Reproduce each entry exactly.

▶ **DATA RECORDS**

————

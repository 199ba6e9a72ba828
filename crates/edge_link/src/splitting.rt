ghost use Rattle.std.specs.Prelude.{◌≡◌, ◌≤◌, Some, IfSome};
ghost use Rattle.slab_laws.specs.Sound.{IsGraphSound};
ghost use Rattle.slab_laws.specs.View.{HasCycle, HasDart, HasFace, cycle_in, twin_in};
ghost use Rattle.slab_laws.specs.declared.names.CycleKind.TheVariants.{Outer};
ghost use Rattle.boundary_cycles.specs.Extents.{IsExtent};
ghost use Rattle.arr_notes.specs.FaceWriters.{orbit_on, with_cycle, with_face};
ghost use Rattle.dcel_records.specs.ListChanges.{cycle_listed, dart_listed};
ghost use Rattle.dcel_records.specs.RecordsView.{IsReturned, IsSpareFaces, graph_part, lists_of, tables_of};
ghost use Rattle.dcel_records.specs.SoundMaps.{IsSoundMap};
ghost use Rattle.face_steps.specs.RowsWritten.{AreDartRows};
ghost use Rattle.edge_link.specs.FacedLinks.{IsLinkMade};
ghost use Rattle.edge_link.specs.Halves.{AreHalves};
ghost use Rattle.edge_link.specs.Links.{CanLink};

use crate::faces::FacedLink;
use crate::links::link_on;
use arr_notes::Linked;
use boundary_cycles::{Extent, extent_of, is_no_longer, is_odd_beside};
use cycle_writers::{Which, carry_off, put_orbit};
use dcel_records::Records;
use exact_plane::Line;
use slab_laws::{CycleId, CycleKind, DartId, Darts, FaceId, FaceLists, Faced, VertexId};

// The halves of a cycle that an edge has parted: the dart of the one that becomes the fresh cycle, that of the other, and how
// it is told what goes to the fresh face.
#[derive(Clone, Copy)]
struct Halves {
    fresh: DartId,
    other: DartId,
    which: Which,
}

// The extent of a dart's cycle, where it will be asked for.
fn extent_where(records: &Records, d: DartId, asked: bool) -> Option<Extent>
    requires sound { IsGraphSound records.now.graph }
    requires dart { HasDart records.now.graph d }
    ensures { IfSome result (IsExtent records.now.graph d) }
{
    if asked {
        Some(extent_of(records, d))
    } else {
        None
    }
}

// The halves, by asking one of them: where that is outer it is the fresh one, else the other is. What lies within it is asked
// of the same half later; its extent is worked out where there is such.
fn halves_asked(
    records: &Records,
    asked: DartId,
    rest: DartId,
    both_outer: bool,
    crowded: bool,
) -> Halves
    requires sound { IsGraphSound records.now.graph }
    requires asked { HasDart records.now.graph asked }
    ensures { AreHalves records.now.graph asked rest both_outer result }
{
    let which = Which::Inside {
        half: asked,
        extent: extent_where(records, asked, crowded),
    };
    if both_outer || is_odd_beside(records, asked, asked) {
        Halves {
            fresh: asked,
            other: rest,
            which,
        }
    } else {
        Halves {
            fresh: rest,
            other: asked,
            which,
        }
    }
}

// Of an outer cycle both halves are outer, and one of an inner one. It is the shorter half that is asked.
fn shorter_asked(records: &Records, d: DartId, m: DartId, both_outer: bool, crowded: bool) -> Halves
    requires sound { IsGraphSound records.now.graph }
    requires first { HasDart records.now.graph d }
    requires second { HasDart records.now.graph m }
    ensures { AreHalves records.now.graph d m both_outer result }
{
    if is_no_longer(records, d, m) {
        halves_asked(records, d, m, both_outer, crowded)
    } else {
        halves_asked(records, m, d, both_outer, crowded)
    }
}

// Whether a face has more on its boundary than one of its cycles.
fn has_more(records: &Records, face: FaceId, cycle: CycleId) -> bool
    requires face { HasFace (tables_of records.now) face }
    requires cycle { HasCycle (tables_of records.now) cycle }
{
    match records.first_cycle_of(face) {
        Some(first) => {
            first != cycle
                || records.cycle_after_in_face(cycle).is_some()
                || records.first_isolated_in(face).is_some()
        }
        None => true,
    }
}

// The orbit of a dart of a cycle that is parted becomes a fresh cycle, the outer one of a fresh face; another dart is kept for
// the rest.
fn part_off(
    records: &mut Records,
    kept: CycleId,
    fresh_dart: DartId,
    other: DartId,
) -> (CycleId, FaceId)
    requires sound { IsGraphSound records.old.graph }
    requires dart { HasDart records.old.graph fresh_dart }
    requires rows { AreDartRows records.old.graph records.old.faces.tables }
    requires kept { HasCycle records.old.faces.tables kept }
    requires cycles { 1 ≤ records.old.faces.spare_cycles }
    requires faces { 1 ≤ records.old.faces.spare_faces }
    ensures cycle { ¬ HasCycle records.old.faces.tables result.0 }
    ensures face { ¬ HasFace records.old.faces.tables result.1 }
    ensures tables { records.new.faces.tables ≡ with_cycle result.0 Outer result.1 (with_face result.1 (orbit_on records.old.graph fresh_dart result.0 records.old.faces.tables)) }
    ensures lists { lists_of records.new ≡ dart_listed kept other (cycle_listed result.0 result.1 fresh_dart (lists_of records.old)) }
    ensures spare { IsSpareFaces records.new.faces records.old.faces 1 1 }
    ensures moved { records.new.faces.moved ≡ records.old.faces.moved }
    ensures graph { graph_part records.new ≡ graph_part records.old }
{
    let face = records.add_face();
    let cycle = records.add_cycle(CycleKind::Outer, face, fresh_dart);
    put_orbit(records, fresh_dart, cycle);
    records.set_dart(kept, other);
    (cycle, face)
}

// Between two places on one cycle: the edge parts the cycle, and its face. The fresh cycle is an outer half: the shorter one
// where that is outer. What else the face had goes by the parity of the shorter half.
pub(crate) fn split_face(
    records: &mut Records,
    u: VertexId,
    v: VertexId,
    at_u: DartId,
    at_v: DartId,
    line: Line,
) -> FacedLink
    requires map { IsSoundMap records.old }
    requires returned { IsReturned records.old }
    requires darts { 2 ≤ records.old.spare_darts }
    requires cycles { 1 ≤ records.old.faces.spare_cycles }
    requires faces { 1 ≤ records.old.faces.spare_faces }
    requires fits { CanLink records.old.graph u v (Some at_u) (Some at_v) line }
    requires one { cycle_in (tables_of records.old) (twin_in records.old.graph at_u) ≡ cycle_in (tables_of records.old) (twin_in records.old.graph at_v) }
    ensures { IsLinkMade records.old records.new result.names u v (Some at_u) (Some at_v) line result.faces }
{
    // Each face lists its own, and the unbounded one's name is the least.
    records.face_laws();
    let kept = records.cycle(records.twin(at_u));
    let face = records.face(kept);
    let both_outer = records.kind(kept).is_outer();
    let crowded = has_more(records, face, kept);
    let names = link_on(records, u, v, Some(at_u), Some(at_v), line, kept);
    let halves = shorter_asked(records, names.d, names.m, both_outer, crowded);
    let (fresh, fresh_face) = part_off(records, kept, halves.fresh, halves.other);
    let moved = carry_off(records, &halves.which, kept, face, fresh_face);
    FacedLink {
        names,
        faces: Linked::Splits {
            kept,
            fresh,
            fresh_dart: halves.fresh,
            fresh_face,
            moved,
        },
    }
}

————

▶ **FINISHED TASK**
repository 199ba6e9a72ba828
filename crates/edge_link/src/splitting.rt
ghost use Rattle.std.specs.Prelude.{◌≡◌, ◌≤◌, Some, IfSome};
ghost use Rattle.slab_laws.specs.Sound.{IsGraphSound};
ghost use Rattle.slab_laws.specs.View.{HasCycle, HasDart, HasFace, cycle_in, twin_in};
ghost use Rattle.slab_laws.specs.declared.names.CycleKind.TheVariants.{Outer};
ghost use Rattle.boundary_cycles.specs.Extents.{IsExtent};
ghost use Rattle.arr_notes.specs.FaceWriters.{orbit_on, with_cycle, with_face};
ghost use Rattle.dcel_records.specs.ListChanges.{cycle_listed, dart_listed};
ghost use Rattle.dcel_records.specs.RecordsView.{IsReturned, IsSpareFaces, graph_part, lists_of, tables_of};
ghost use Rattle.dcel_records.specs.SoundMaps.{IsSoundMap};
ghost use Rattle.face_steps.specs.RowsWritten.{AreDartRows};
ghost use Rattle.edge_link.specs.FacedLinks.{IsLinkMade};
ghost use Rattle.edge_link.specs.Halves.{AreHalves};
ghost use Rattle.edge_link.specs.Links.{CanLink};

use crate::faces::FacedLink;
use crate::links::link_on;
use arr_notes::Linked;
use boundary_cycles::{Extent, extent_of, is_no_longer, is_odd_beside};
use cycle_writers::{Which, carry_off, put_orbit};
use dcel_records::Records;
use exact_plane::Line;
use slab_laws::{CycleId, CycleKind, DartId, Darts, FaceId, FaceLists, Faced, VertexId};

// The halves of a cycle that an edge has parted: the dart of the one that becomes the fresh cycle, that of the other, and how
// it is told what goes to the fresh face.
#[derive(Clone, Copy)]
struct Halves {
    fresh: DartId,
    other: DartId,
    which: Which,
}

// The extent of a dart's cycle, where it will be asked for.
fn extent_where(records: &Records, d: DartId, asked: bool) -> Option<Extent>
    requires sound { IsGraphSound records.now.graph }
    requires dart { HasDart records.now.graph d }
    ensures { IfSome result (IsExtent records.now.graph d) }
{
    if asked {
        Some(extent_of(records, d))
    } else {
        None
    }
}

// The halves, by asking one of them: where that is outer it is the fresh one, else the other is. What lies within it is asked
// of the same half later; its extent is worked out where there is such.
fn halves_asked(
    records: &Records,
    asked: DartId,
    rest: DartId,
    both_outer: bool,
    crowded: bool,
) -> Halves
    requires sound { IsGraphSound records.now.graph }
    requires asked { HasDart records.now.graph asked }
    ensures { AreHalves records.now.graph asked rest both_outer result }
{
    let which = Which::Inside {
        half: asked,
        extent: extent_where(records, asked, crowded),
    };
    if both_outer || is_odd_beside(records, asked, asked) {
        Halves {
            fresh: asked,
            other: rest,
            which,
        }
    } else {
        Halves {
            fresh: rest,
            other: asked,
            which,
        }
    }
}

// Of an outer cycle both halves are outer, and one of an inner one. It is the shorter half that is asked.
fn shorter_asked(records: &Records, d: DartId, m: DartId, both_outer: bool, crowded: bool) -> Halves
    requires sound { IsGraphSound records.now.graph }
    requires first { HasDart records.now.graph d }
    requires second { HasDart records.now.graph m }
    ensures { AreHalves records.now.graph d m both_outer result }
{
    if is_no_longer(records, d, m) {
        halves_asked(records, d, m, both_outer, crowded)
    } else {
        halves_asked(records, m, d, both_outer, crowded)
    }
}

// Whether a face has more on its boundary than one of its cycles.
fn has_more(records: &Records, face: FaceId, cycle: CycleId) -> bool
    requires face { HasFace (tables_of records.now) face }
    requires cycle { HasCycle (tables_of records.now) cycle }
{
    match records.first_cycle_of(face) {
        Some(first) => {
            first != cycle
                || records.cycle_after_in_face(cycle).is_some()
                || records.first_isolated_in(face).is_some()
        }
        None => true,
    }
}

// The orbit of a dart of a cycle that is parted becomes a fresh cycle, the outer one of a fresh face; another dart is kept for
// the rest.
fn part_off(
    records: &mut Records,
    kept: CycleId,
    fresh_dart: DartId,
    other: DartId,
) -> (CycleId, FaceId)
    requires sound { IsGraphSound records.old.graph }
    requires dart { HasDart records.old.graph fresh_dart }
    requires rows { AreDartRows records.old.graph records.old.faces.tables }
    requires kept { HasCycle records.old.faces.tables kept }
    requires cycles { 1 ≤ records.old.faces.spare_cycles }
    requires faces { 1 ≤ records.old.faces.spare_faces }
    ensures cycle { ¬ HasCycle records.old.faces.tables result.0 }
    ensures face { ¬ HasFace records.old.faces.tables result.1 }
    ensures tables { records.new.faces.tables ≡ with_cycle result.0 Outer result.1 (with_face result.1 (orbit_on records.old.graph fresh_dart result.0 records.old.faces.tables)) }
    ensures lists { lists_of records.new ≡ dart_listed kept other (cycle_listed result.0 result.1 fresh_dart (lists_of records.old)) }
    ensures spare { IsSpareFaces records.new.faces records.old.faces 1 1 }
    ensures moved { records.new.faces.moved ≡ records.old.faces.moved }
    ensures graph { graph_part records.new ≡ graph_part records.old }
{
    let face = records.add_face();
    let cycle = records.add_cycle(CycleKind::Outer, face, fresh_dart);
    put_orbit(records, fresh_dart, cycle);
    records.set_dart(kept, other);
    (cycle, face)
}

// Between two places on one cycle: the edge parts the cycle, and its face. The fresh cycle is an outer half: the shorter one
// where that is outer. What else the face had goes by the parity of the shorter half.
pub(crate) fn split_face(
    records: &mut Records,
    u: VertexId,
    v: VertexId,
    at_u: DartId,
    at_v: DartId,
    line: Line,
) -> FacedLink
    requires map { IsSoundMap records.old }
    requires returned { IsReturned records.old }
    requires darts { 2 ≤ records.old.spare_darts }
    requires cycles { 1 ≤ records.old.faces.spare_cycles }
    requires faces { 1 ≤ records.old.faces.spare_faces }
    requires fits { CanLink records.old.graph u v (Some at_u) (Some at_v) line }
    requires one { cycle_in (tables_of records.old) (twin_in records.old.graph at_u) ≡ cycle_in (tables_of records.old) (twin_in records.old.graph at_v) }
    ensures { IsLinkMade records.old records.new result.names u v (Some at_u) (Some at_v) line result.faces }
{
    // Each face lists its own, and the unbounded one's name is the least.
    records.face_laws();
    let kept = records.cycle(records.twin(at_u));
    let face = records.face(kept);
    let both_outer = records.kind(kept).is_outer();
    let crowded = has_more(records, face, kept);
    let names = link_on(records, u, v, Some(at_u), Some(at_v), line, kept);
    let halves = shorter_asked(records, names.d, names.m, both_outer, crowded);
    let (fresh, fresh_face) = part_off(records, kept, halves.fresh, halves.other);
    let moved = carry_off(records, &halves.which, kept, face, fresh_face);
    FacedLink {
        names,
        faces: Linked::Splits {
            kept,
            fresh,
            fresh_dart: halves.fresh,
            fresh_face,
            moved,
        },
    }
}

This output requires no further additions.